▶ **EXERCISE OBJECTIVE**: Each line from the opening of the records that follow to the line with "const ROOM: usize = 32;" needs to be written out exactly. Add nothing.

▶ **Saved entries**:
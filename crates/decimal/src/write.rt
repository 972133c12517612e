//! The text of a number.

ghost use Rattle.std.specs.Prelude.{◌≡◌, ◌+◌, ◌++◌, ◌^◌, ◌<◌, ◌≤◌, IsOk, OnErr, OnOk, length, take, vec_capacity, vec_len};
ghost use Rattle.std.specs.Fmt.{decimal, signed_decimal};
ghost use Rattle.std.specs.Int.{from_le_bytes, w64};
ghost use Rattle.std.specs.Str.Parse.{AllDigits, digits_value};
ghost use Rattle.decimal.specs.LastEight.{last_eight};

use std::alloc::AllocError;

/// Eight digits write numbers below it.
const EIGHT_DIGITS: u64 = 100_000_000;

/// ASCII zeros, which make characters of eight digits.
const ZEROS: u64 = 0x3030_3030_3030_3030;

/// As many characters are room for any number: the most that one takes are 20, and eight are written at once.
const ROOM: usize = 32;

/// Puts `number` at the end of `text`, as `{}` writes it.
///
/// # Errors
///
/// Where memory was refused. The text is as it was.
pub fn push_decimal(text: &mut Vec<u8>, number: i64) -> Result<(), AllocError>
    ensures appended { OnOk result (text.new.items ≡ text.old.items ++ signed_decimal number) }
    ensures refused { OnErr result (text.new.items ≡ text.old.items) }
    ensures succeeds { vec_len text.old + length (signed_decimal number) ≤ vec_capacity text.old → IsOk result }
{
    let len = text.len();
    if text.capacity() - len < ROOM {
        return push_exactly(text, number);
    }
    // What is too much is cut off: to copy just as many characters as there are takes a call that branches on their number.
    text.extend_from_slice(&[0; ROOM])?;
    let count = write_signed(&mut text.as_mut_slice()[len..], number);
    text.truncate(len + count);
    Ok(())
}

/// Puts a number's text after a text, and asks for no more room than that takes.
#[inline(never)]
fn push_exactly(text: &mut Vec<u8>, number: i64) -> Result<(), AllocError>
    ensures appended { OnOk result (text.new.items ≡ text.old.items ++ signed_decimal number) }
    ensures refused { OnErr result (text.new.items ≡ text.old.items) }
    ensures succeeds { vec_len text.old + length (signed_decimal number) ≤ vec_capacity text.old → IsOk result }
{
    let mut characters = [0; ROOM];
    let count = write_signed(&mut characters, number);
    text.extend_from_slice(&characters[..count])
}

/// Writes `number` to the front of `output`, and returns how many characters it takes.
#[inline(always)]
fn write_signed(output: &mut [u8], number: i64) -> usize
    requires { 32 ≤ length output.old }
    ensures long { length output.new ≡ length output.old }
    ensures written { take result output.new ≡ signed_decimal number }
    ensures within { result ≤ 32 }
{
    // The place of the sign is always written, so that no branch hangs on it.
    output[0] = b'-';
    let start = usize::from(number < 0);
    start + write_size(&mut output[start..], number.unsigned_abs())
}

/// Writes `size` to the front of `output`, and returns how many characters it takes.
#[inline(always)]
fn write_size(output: &mut [u8], size: u64) -> usize
    requires { 24 ≤ length output.old }
    ensures long { length output.new ≡ length output.old }
    ensures written { take result output.new ≡ decimal size }
    ensures within { result ≤ 24 }
{
    if size < EIGHT_DIGITS {
        return write_first(output, size);
    }
    let count = write_sixteen(output, size / EIGHT_DIGITS);
    write_eight(&mut output[count..], size % EIGHT_DIGITS);
    count + 8
}

/// Writes a `size` of at most 16 digits to the front of `output`, and returns how many it has.
#[inline(always)]
fn write_sixteen(output: &mut [u8], size: u64) -> usize
    requires room { 16 ≤ length output.old }
    requires sixteen { size < 10 ^ 16 }
    ensures long { length output.new ≡ length output.old }
    ensures written { take result output.new ≡ decimal size }
    ensures within { result ≤ 16 }
{
    if size < EIGHT_DIGITS {
        return write_first(output, size);
    }
    let count = write_first(output, size / EIGHT_DIGITS);
    write_eight(&mut output[count..], size % EIGHT_DIGITS);
    count + 8
}

/// Writes `number` to the front of `output`, and returns how many characters it takes. It writes eight bytes in any case.
#[inline(always)]
fn write_first(output: &mut [u8], number: u64) -> usize
    requires room { 8 ≤ length output.old }
    requires eight { number < 10 ^ 8 }
    ensures long { length output.new ≡ length output.old }
    ensures written { take result output.new ≡ decimal number }
    ensures within { result ≤ 8 }
{
    let digits = split_eight(number);
    // A last digit counts as one also where it is zero.
    let start = (digits | 1 << 56).trailing_zeros() / 8;
    output[..8].copy_from_slice(&(digits + ZEROS >> 8 * start).to_le_bytes());
    8 - start as usize
}

/// Writes the eight digits of `number`, zeros in front among them, to the front of `output`.
#[inline(always)]
fn write_eight(output: &mut [u8], number: u64)
    requires room { 8 ≤ length output.old }
    requires eight { number < 10 ^ 8 }
    ensures digits { AllDigits 10 (take 8 output.new) }
    ensures value { digits_value 10 (take 8 output.new) ≡ number }
    ensures long { length output.new ≡ length output.old }
{
    output[..8].copy_from_slice(&(split_eight(number) + ZEROS).to_le_bytes());
}

/// Returns the eight digits of `number`, the first in the lowest byte. They are made together: in fours, then in pairs.
#[inline(always)]
fn split_eight(number: u64) -> u64
    requires { number < 10 ^ 8 }
    ensures { result ≡ from_le_bytes w64 (last_eight number) }
{
    let fours = number / 10_000 + (number % 10_000 << 32);
    // For `n` below 10,000 `n * 10_486 >> 20` is `n / 100`.
    let hundreds = fours * 10_486 >> 20 & 0x0000_007f_0000_007f;
    let pairs = hundreds + (fours - hundreds * 100 << 16);
    // For `n` below 100 `n * 103 >> 10` is `n / 10`.
    let tens = pairs * 103 >> 10 & 0x000f_000f_000f_000f;
    tens + (pairs - tens * 10 << 8)
}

▶ **THE COMPLETED TASK**:
filename crates/decimal/src/write.rt
repository 972133c12517612e
//! The text of a number.

ghost use Rattle.std.specs.Prelude.{◌≡◌, ◌+◌, ◌++◌, ◌^◌, ◌<◌, ◌≤◌, IsOk, OnErr, OnOk, length, take, vec_capacity, vec_len};
ghost use Rattle.std.specs.Fmt.{decimal, signed_decimal};
ghost use Rattle.std.specs.Int.{from_le_bytes, w64};
ghost use Rattle.std.specs.Str.Parse.{AllDigits, digits_value};
ghost use Rattle.decimal.specs.LastEight.{last_eight};

use std::alloc::AllocError;

/// Eight digits write numbers below it.
const EIGHT_DIGITS: u64 = 100_000_000;

/// ASCII zeros, which make characters of eight digits.
const ZEROS: u64 = 0x3030_3030_3030_3030;

/// As many characters are room for any number: the most that one takes are 20, and eight are written at once.
const ROOM: usize = 32;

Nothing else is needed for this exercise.